--- Listed entries Enclosed Below ---

// How a desk is made.
ghost use Rattle.std.specs.Prelude.{◌≡◌, ℕ, List, IfOk};
ghost use Rattle.tree.specs.declared.record.Record.{Record};
ghost use Rattle.tree.specs.Lists.{all_of};
ghost use Rattle.model.specs.Scheduler.{untouched, make};
ghost use Rattle.desk.specs.States.{state};

use crate::desk::Desk;
use arrows::arrows::Arrows;
use book::book::Book;
use seats::seats::Seats;
use std::alloc::{AllocError, Global};
use std::num::NonZeroU32;

impl Desk {
    // No ticket is open yet, and the first to open is `first`, none where it is 0. All memory is reserved here.
    pub fn new(heap: Global, first: u32, fit: bool) -> Result<Desk, AllocError>
        ensures { IfOk result (λ desk. (rs : List Record) (limit : ℕ) → fit ≡ all_of (untouched first) rs → state rs limit desk ≡ make (record { store = rs; limit = limit; first = first })) }
    {
        let book = Book::new(heap)?;
        Ok(Desk {
            seats: Seats::new(),
            book,
            arrows: Arrows::new(),
            next: NonZeroU32::new(first),
            done: 0,
            fit,
        })
    }
}
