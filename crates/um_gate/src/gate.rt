//! The trait of the clients of a manager.
ghost use Rattle.std.specs.Prelude.{◌≡◌, ◌≤◌, ◌∷◌, [], List, Bool, IsTrue, length, take, vec_capacity};
ghost use Rattle.um_gate.specs.Events.{Event, accepted, read, wrote, dropped, came, Logs};

/// The most connections that are open.
pub const CONNECTIONS: usize = 64;

/// The most bytes that a read gives.
pub const MOST_BYTES: usize = 4096;

/// Which connections are open, by their numbers 0 to 63.
#[derive(Clone, Copy, Debug)]
pub struct Open {
    pub is_open: [bool; CONNECTIONS],
}

/// The clients of a manager, each under the number of its connection. The behaviour is described by one list of events.
///
/// The clauses on the list stand under `honest`, and under `whole`, since a gate that keeps its list may find no memory
/// for an event. No call takes memory otherwise, and none waits. A connection that fails is closed.
pub trait Gate {
    /// The accepts, reads and writes, the oldest first.
    ghost past: { Self → List Event };

    /// No event is missing from the list.
    ghost whole: { Self → Bool };

    /// It does what it answers.
    ghost honest: { Self → Bool };

    /// Takes one client if one waits, under the least number that is free, and returns which connections are open. If
    /// none is free the client's connection is closed unread.
    fn accept(&mut self) -> Open
        ensures past { Logs (honest self.old) (whole self.new) (past self.old) (past self.new) (accepted result.is_open ∷ []) }
        ensures whole { IsTrue (whole self.new) → IsTrue (whole self.old) }
        ensures honest { honest self.new ≡ honest self.old };

    /// Reads the bytes that are there, `most` at most, and returns whether the connection is open still. The rest stays
    /// there: with `most` 0 all of it. A connection that was dropped, or failed in a write, is reported closed here,
    /// whatever `most` is.
    fn read(&mut self, number: usize, most: usize, bytes: &mut Vec<u8>) -> bool
        requires empty { bytes.old.items ≡ [] }
        requires few { most ≤ MOST_BYTES }
        requires room { most ≤ vec_capacity bytes.old }
        ensures past { Logs (honest self.old) (whole self.new) (past self.old) (past self.new) (read number most (came result bytes.new.items) ∷ []) }
        ensures bound { length bytes.new.items ≤ most }
        ensures whole { IsTrue (whole self.new) → IsTrue (whole self.old) }
        ensures honest { honest self.new ≡ honest self.old };

    /// Takes some of these bytes, from the first on, and returns how many.
    fn write(&mut self, number: usize, bytes: &[u8]) -> usize
        ensures bound { result ≤ length bytes.now }
        ensures past { Logs (honest self.old) (whole self.new) (past self.old) (past self.new) (wrote number bytes.now (take result bytes.now) ∷ []) }
        ensures whole { IsTrue (whole self.new) → IsTrue (whole self.old) }
        ensures honest { honest self.new ≡ honest self.old };

    /// Gives a connection up: nothing more is read of it or written to it, and its next read reports it closed.
    fn drop_connection(&mut self, number: usize)
        ensures past { Logs (honest self.old) (whole self.new) (past self.old) (past self.new) (dropped number ∷ []) }
        ensures whole { IsTrue (whole self.new) → IsTrue (whole self.old) }
        ensures honest { honest self.new ≡ honest self.old };
}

--- End of Enclosed Listed entries ---

Only the lines containing "arrows" are needed; pull them out of the listing.

§ **Solution for this problem**:
use arrows::arrows::Arrows;
            arrows: Arrows::new(),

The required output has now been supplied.